In view of the foregoing, we cannot agree with appellant’s contention that he was powerless to act on his own behalf but, of necessity, must have acted solely at the direction of his father. The question, as it relates to the actual commission of the acts charged in the indictment, as well as to intent, was for the jury and therefore was properly submitted to it for its determination. See Cape v. United States, 283 F.2d 430, 433, 434 (9th Cir. 1960).
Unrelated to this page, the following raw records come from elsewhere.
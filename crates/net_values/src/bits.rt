ghost use Rattle.std.specs.Prelude.{◌≡◌, ◌^◌, ◌<◌, if◌then◌else◌};
ghost use Rattle.std.specs.Ordering.{int_eq};
ghost use Rattle.loc_base.specs.Bits.{width_of, value_of};
ghost use Rattle.loc_base.specs.Word.{is_negative};
ghost use Rattle.design_core.specs.Operator.{integer_of};
ghost use Rattle.design_core.specs.Valuation.{bit, number};

use loc_base::Bits;

/// The bits of one word where a mask has 1, else those of another of its width.
#[tactic(auto, using(crate::proofs::Replaced::blend_steps))]
pub(crate) fn blended(mask: u128, one: Bits, other: Bits) -> Bits
    requires one { width_of one ≡ width_of other }
    requires mask { mask < 2 ^ width_of other }
    ensures width { width_of result ≡ width_of other }
    ensures value { value_of result ≡ number (width_of other) (λ b. if bit mask b then bit (value_of one) b else bit (value_of other) b) }
{
    let mask = Bits::new(other.width(), mask).unwrap();
    let apart = other.xor(one).and(mask);
    other.xor(apart)
}

/// Whether the highest bit is 1.
pub(crate) fn is_negative(word: Bits) -> bool
    ensures { result ≡ is_negative (width_of word) (value_of word) }
{
    word.value() >= 1 << (word.width() - 1)
}

/// Whether a word means a number, by its sign.
#[tactic(auto, using(crate::proofs::Replaced::number_steps))]
pub(crate) fn is_number(word: Bits, signed: bool, number: i64) -> bool
    ensures { result ≡ int_eq (integer_of signed (width_of word) (value_of word)) number }
{
    let size = u128::from(number.unsigned_abs());
    if signed && is_negative(word) {
        number < 0 && word.not().value() + 1 == size
    } else {
        number >= 0 && word.value() == size
    }
}
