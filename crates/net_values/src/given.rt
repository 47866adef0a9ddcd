ghost use Rattle.std.specs.Prelude.{◌≡◌, ◌↔◌, IsTrue};
ghost use Rattle.word_net.specs.Given.{AreGiven, HasWord, IsGiven};

use crate::cycle::Cycle;
use loc_base::Bits;
use word_net::{Operation, WordNet, WordNode};

/// Whether there is a word of a number, and it has a width.
#[tactic(auto, using(crate::proofs::Givens::word_steps))]
fn has_word(words: &[Bits], number: u32, width: u8) -> bool
    ensures { IsTrue result ↔ HasWord words.now number width }
{
    match words.get(number as usize) {
        Some(word) => word.width() == width,
        None => false,
    }
}

/// Whether what a node reads is given.
fn is_given(cycle: &Cycle, node: &WordNode) -> bool
    ensures { IsTrue result ↔ IsGiven
        (record { states = cycle.now.states.now; inputs = cycle.now.inputs.now; freed = cycle.now.freed.now; chosen = cycle.now.chosen.now }) node.now.width node.now.operation }
{
    let width = node.width;
    match &node.operation {
        Operation::Input(input) => has_word(cycle.inputs, *input, width),
        Operation::State(state) => has_word(cycle.states, *state, width),
        Operation::Free { place, .. } => {
            (*place as usize) < cycle.freed.len() && has_word(cycle.chosen, *place, width)
        }
        Operation::Const(_)
        | Operation::Unary { .. }
        | Operation::Binary { .. }
        | Operation::Choose { .. }
        | Operation::Join { .. }
        | Operation::Repeat { .. }
        | Operation::Resize(_)
        | Operation::Slice { .. }
        | Operation::Pick { .. }
        | Operation::Is { .. }
        | Operation::Put { .. }
        | Operation::PutPick { .. }
        | Operation::Blend { .. } => true,
    }
}

/// Whether all that the nodes of a net read is given, in words of their widths: what `eval_into` asks.
#[tactic(auto, using(crate::proofs::Givens::net_steps))]
pub fn are_given(
    net: &WordNet,
    state: &[Bits],
    inputs: &[Bits],
    freed: &[bool],
    choice: &[Bits],
) -> bool
    ensures { IsTrue result ↔ AreGiven (record { states = state.now; inputs = inputs.now; freed = freed.now; chosen = choice.now }) net.now.nodes }
{
    let cycle = Cycle {
        states: state,
        inputs,
        freed,
        chosen: choice,
    };
    let nodes = net.nodes();
    for i in 0..nodes.len() {
        if !is_given(&cycle, &nodes[i]) {
            return false;
        }
    }
    true
}
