//! The steps of a log, one after another.

ghost use Rattle.std.specs.Prelude.{◌≡◌, ◌+◌, ◌<◌, ◌^◌, ◌↔◌, [], length, take, cond, slice_index_or, IsTrue, IsNone};
ghost use Rattle.clause_base.specs.Acceptance.{clauses_of, blocks_in, is_block_kind, IsAcceptedAt, Follows};
ghost use Rattle.proof_check.specs.Marks.{AreStampedUpTo, AreInTable};
ghost use Rattle.proof_check.specs.Claims.{Answers, AreAccepted, FoundIn, IsPiece};

use crate::chain::is_given;
use crate::claim::{BadStep, Claim, Piece};
use crate::marks::Mark;
use clause_base::{Clause, Lit, Log, StepKind};

/// Whether the clause is the block after the first `seen` ones.
fn is_next_block(blocks: &[Clause], seen: usize, clause: &[Lit]) -> bool
    ensures { IsTrue result ↔ ((seen < length blocks.now) × (clause.now ≡ slice_index_or blocks.now seen [])) }
{
    match blocks.get(seen) {
        Some(block) => block.literals() == clause,
        None => false,
    }
}

/// Whether the step at `place` is accepted after those before it, of which `seen` are blocks.
fn is_accepted(marks: &mut [Mark], claim: &Claim, place: usize, seen: usize) -> bool
    requires place { place < length claim.now.log.now }
    requires few { length claim.now.log.now < 2 ^ 32 }
    requires seen { seen ≡ blocks_in (take place claim.now.log.now) }
    requires stamps { AreStampedUpTo place marks.old }
    requires in_table { AreInTable marks.old (clauses_of claim.now.form.now.clauses (take place claim.now.log.now)) }
    ensures accepted { IsTrue result ↔ IsAcceptedAt claim.now.form.now.clauses claim.now.blocks.now claim.now.log.now place }
    ensures stamps { AreStampedUpTo (place + 1) marks.new }
{
    match claim.log.kind(place) {
        StepKind::Block => is_next_block(claim.blocks, seen, claim.log.clause(place)),
        StepKind::Learned | StepKind::Derived => is_given(
            marks,
            &claim.form.clauses,
            claim.log,
            place,
        ),
    }
}

/// How many blocks there are with a step of that kind after `seen` of them.
fn with_step(seen: usize, kind: StepKind) -> usize
    requires { seen < 2 ^ 63 }
    ensures { result ≡ seen + cond (is_block_kind kind) 1 0 }
{
    match kind {
        StepKind::Block => seen + 1,
        StepKind::Learned | StepKind::Derived => seen,
    }
}

/// How many blocks stand before the end of the piece.
pub(crate) fn blocks_up_to_end(log: &Log, piece: Piece) -> usize
    requires piece { IsPiece log.now piece }
    requires few { length log.now < 2 ^ 32 }
    ensures { result ≡ blocks_in (take piece.end log.now) }
{
    let mut seen = piece.seen;
    for place in piece.from..piece.end {
        seen = with_step(seen, log.kind(place));
    }
    seen
}

/// The first step of the piece that isn't accepted.
pub(crate) fn first_refused(marks: &mut [Mark], claim: &Claim, piece: Piece) -> Option<BadStep>
    requires piece { IsPiece claim.now.log.now piece }
    requires few { length claim.now.log.now < 2 ^ 32 }
    requires stamps { AreStampedUpTo piece.from marks.old }
    requires earlier_in_table { AreInTable marks.old (clauses_of claim.now.form.now.clauses (take piece.from claim.now.log.now)) }
    requires blocks_in_table { AreInTable marks.old claim.now.blocks.now }
    ensures { FoundIn claim.now.form.now.clauses claim.now.blocks.now claim.now.log.now piece.from piece.end result }
{
    let mut seen = piece.seen;
    for place in piece.from..piece.end {
        if !is_accepted(marks, claim, place, seen) {
            return Some(BadStep {
                n: place as u32 + 1,
            });
        }
        seen = with_step(seen, claim.log.kind(place));
    }
    None
}

/// All steps of a log as one piece.
pub(crate) fn whole_of(log: &Log) -> Piece
    ensures piece { IsPiece log.now result }
    ensures from { result.from ≡ 0 }
    ensures end { result.end ≡ length log.now }
{
    Piece {
        from: 0,
        end: log.len(),
        seen: 0,
    }
}

/// The answer where each step is accepted: the number after the last one where blocks are left over.
fn left_over(claim: &Claim) -> Option<BadStep>
    requires few { length claim.now.log.now + 1 < 2 ^ 32 }
    requires accepted { AreAccepted claim.now.form.now.clauses claim.now.blocks.now claim.now.log.now 0 (length claim.now.log.now) }
    ensures { Answers claim.now.form.now.clauses claim.now.blocks.now claim.now.log.now result }
{
    let seen = blocks_up_to_end(claim.log, whole_of(claim.log));
    if seen < claim.blocks.len() {
        return Some(BadStep {
            n: claim.log.len() as u32 + 1,
        });
    }
    None
}

/// The answer for the whole log, `found` being the first of its steps that isn't accepted.
pub(crate) fn answer_of(claim: &Claim, found: Option<BadStep>) -> Option<BadStep>
    requires few { length claim.now.log.now + 1 < 2 ^ 32 }
    requires found { FoundIn claim.now.form.now.clauses claim.now.blocks.now claim.now.log.now 0 (length claim.now.log.now) found }
    ensures answers { Answers claim.now.form.now.clauses claim.now.blocks.now claim.now.log.now result }
    ensures sound { IsNone result → Follows claim.now.form.now.clauses claim.now.blocks.now claim.now.log.now }
{
    // With the numbers of clauses and steps comes that no clause has a variable twice.
    let _clauses = claim.form.clauses.len();
    let _steps = claim.log.len();
    match found {
        Some(bad) => Some(bad),
        None => left_over(claim),
    }
}
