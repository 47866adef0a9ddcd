ghost use Rattle.std.specs.Prelude.{◌≡◌, ℕ, ◌<◌, ◌&&◌, Bool, true, not, nat_eq, length, IsTrue, IsSome, IfSome, MatchOption};
ghost use Rattle.clause_base.specs.declared.literal.Lit.{Lit};
ghost use Rattle.clause_base.specs.Literal.{opposite, has, has_distinct_variables};
ghost use Rattle.clause_base.specs.Resolution.{IsOnlyClash, resolvent};
ghost use Rattle.proof_check.specs.Marks.{marked, held, AreStampedUpTo, IsInTable};
ghost use Rattle.proof_check.specs.Merging.{TakesIn, HasResolvent, HasNoResolvent};

use crate::marks::Mark;
use crate::sets::{insert, is_marked, remove};
use clause_base::Lit;

/// How far a clause has been taken into the set: how many literals the set has, and the literal of it that clashed.
#[derive(Clone, Copy)]
pub(crate) struct Merge {
    held: usize,
    clash: Option<u32>,
}

/// Takes one more literal of a clause into the set. `None` where it is the second one that clashes.
fn take_in(marks: &mut [Mark], stamp: u32, merge: Merge, literal: Lit) -> Option<Merge>
    requires in_table { literal.var < length marks.old }
    requires held { merge.held ≡ held stamp marks.old }
    ensures takes { MatchOption result (IsSome merge.clash × (marked stamp marks.old (opposite literal) ≡ true)) (λ next. TakesIn (marked stamp marks.old) merge.clash literal (marked stamp marks.new) next.clash) }
    ensures held { IfSome result (λ next. next.held ≡ held stamp marks.new) }
    ensures stamps { AreStampedUpTo stamp marks.old → AreStampedUpTo stamp marks.new }
{
    if is_marked(marks, stamp, literal.opposite()) {
        if merge.clash.is_some() {
            return None;
        }
        return Some(Merge {
            held: merge.held,
            clash: Some(literal.var),
        });
    }
    if is_marked(marks, stamp, literal) {
        return Some(merge);
    }
    insert(marks, stamp, literal);
    Some(Merge {
        held: merge.held + 1,
        clash: merge.clash,
    })
}

/// Resolves the set, which has `count` literals, with the clause, and answers how many literals it has then.
/// `None` where the two don't clash on exactly one variable.
pub(crate) fn resolve(marks: &mut [Mark], stamp: u32, count: usize, clause: &[Lit]) -> Option<usize>
    requires in_table { IsInTable marks.old clause.now }
    requires distinct { IsTrue (has_distinct_variables clause.now) }
    requires stamp { 0 < stamp }
    requires held { count ≡ held stamp marks.old }
    ensures resolves { MatchOption result (HasNoResolvent (marked stamp marks.old) clause.now) (λ _. HasResolvent (marked stamp marks.old) clause.now (marked stamp marks.new)) }
    ensures held { IfSome result (λ new_count. new_count ≡ held stamp marks.new) }
    ensures stamps { AreStampedUpTo stamp marks.old → AreStampedUpTo stamp marks.new }
{
    let mut merge = Merge {
        held: count,
        clash: None,
    };
    for literal in clause {
        merge = take_in(marks, stamp, merge, *literal)?;
    }
    let pivot = merge.clash?;
    remove(marks, stamp, pivot);
    Some(merge.held - 1)
}
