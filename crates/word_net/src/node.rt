use design_core::{BinaryOp, UnaryOp};
use loc_base::Items;

/// A node that another one reads: its number, which is below that of the reader, its width in bits, and whether it is
/// read as signed.
#[derive(Clone, Copy, Debug)]
pub struct Operand {
    pub node: u32,
    pub width: u8,
    pub signed: bool,
}

/// Bits of a word by a variable index: bit `b` has the index `index + offsets[b]`. The word is declared with the range
/// `left:right` (IEEE 1364-2005, 4.3).
pub struct Select {
    pub index: Operand,
    pub left: i32,
    pub right: i32,
    pub offsets: Items<i32>,
}

/// What a node computes. The operators are those of expressions (`design_core::Node`); the others choose, move and
/// store bits.
pub enum Operation {
    /// A number.
    Const(u128),
    /// The sample of an input, by its number among the inputs.
    Input(u32),
    /// The state of a register, by its number among the states.
    State(u32),
    /// What a place assigns: the value chosen for it where it is freed, else the low bits of the computed word.
    Free {
        place: u32,
        computed: Operand,
    },
    Unary {
        op: UnaryOp,
        arg: Operand,
    },
    Binary {
        op: BinaryOp,
        left: Operand,
        right: Operand,
    },
    /// `yes` where the condition, a word of 1 bit, is 1, else `no`.
    Choose {
        cond: Operand,
        yes: Operand,
        no: Operand,
    },
    /// Two words, one above the other.
    Join {
        high: Operand,
        low: Operand,
    },
    /// A word `times` times.
    Repeat {
        times: u8,
        part: Operand,
    },
    /// A word extended by its sign, or cut, to the node's width.
    Resize(Operand),
    /// The bits of a word from position `from` on.
    Slice {
        word: Operand,
        from: u8,
    },
    /// Bits of a word by a variable index; those that the word lacks are 0.
    Pick {
        word: Operand,
        select: Select,
    },
    /// 1 where an index, by its sign, is a number, else 0.
    Is {
        index: Operand,
        number: i64,
    },
    /// `old` with its `size` bits from position `from` on replaced by those of `word` from position `offset` on.
    Put {
        old: Operand,
        from: u8,
        size: u8,
        word: Operand,
        offset: u8,
    },
    /// `old` with bits by a variable index replaced, one for each offset, by those of `word` from position `offset`
    /// on, the lowest first; what `old` lacks is stored nowhere.
    PutPick {
        old: Operand,
        select: Select,
        word: Operand,
        offset: u8,
    },
    /// The bits of `one` where the mask has 1, else those of `other`.
    Blend {
        mask: u128,
        one: Operand,
        other: Operand,
    },
}

/// A node of a net: its width, 1 to 128 bits, and what it computes.
pub struct WordNode {
    pub width: u8,
    pub operation: Operation,
}

// A `drop` is written out, so that it is proved once, here: a derived one is proved again by each crate that lets a value go.
impl Drop for Select {
    fn drop(self) {
        let Select {
            index: _,
            left: _,
            right: _,
            offsets: _,
        } = self;
    }
}

impl Drop for Operation {
    fn drop(self) {
        match self {
            Operation::Const(_)
            | Operation::Input(_)
            | Operation::State(_)
            | Operation::Resize(_) => {}
            Operation::Free {
                place: _,
                computed: _,
            } => {}
            Operation::Unary { op: _, arg: _ } => {}
            Operation::Binary {
                op: _,
                left: _,
                right: _,
            } => {}
            Operation::Choose {
                cond: _,
                yes: _,
                no: _,
            } => {}
            Operation::Join { high: _, low: _ } => {}
            Operation::Repeat { times: _, part: _ } => {}
            Operation::Slice { word: _, from: _ } => {}
            Operation::Pick { word: _, select: _ } => {}
            Operation::Is {
                index: _,
                number: _,
            } => {}
            Operation::Put {
                old: _,
                from: _,
                size: _,
                word: _,
                offset: _,
            } => {}
            Operation::PutPick {
                old: _,
                select: _,
                word: _,
                offset: _,
            } => {}
            Operation::Blend {
                mask: _,
                one: _,
                other: _,
            } => {}
        }
    }
}

impl Drop for WordNode {
    fn drop(self) {
        let WordNode {
            width: _,
            operation: _,
        } = self;
    }
}
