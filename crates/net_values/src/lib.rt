//! The value of each node of a net of words in one cycle, computed on words. It takes no memory.
#![tactic(auto)]

mod arms;
mod bits;
mod cycle;
mod evaluate;
mod given;
mod node;
mod select;

pub use evaluate::eval_into;
pub use given::are_given;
We next consider specifications of error 2 and 3 which arise out of the admission into evidence of acts similar to those charged in the indictment but which took place subsequent to the offenses charged in the indictment. In this regard, immediately prior to the introduction of such evidence, the District Court instructed the jury as follows:

“THE COURT: Yes, I am permitting certain transactions to be *955 shown in evidence that are not charged in the indictment, and I caution the jury that they are not introduced for the purpose of showing the guilt or the innocence of the defendant as to the charges, but solely for the purpose of shedding such light as they may upon whether the defendant did or did not have intent, as will be described to you at the time you are given the instructions, and as you will be advised at that time, the specific intent to defraud is a necessary element of this crime.
“These transactions, as I understand it, will be shown, some of which will be outside those charged in the indictment, and they are to be considered here only for the purpose of bearing upon the intent of the defendant.”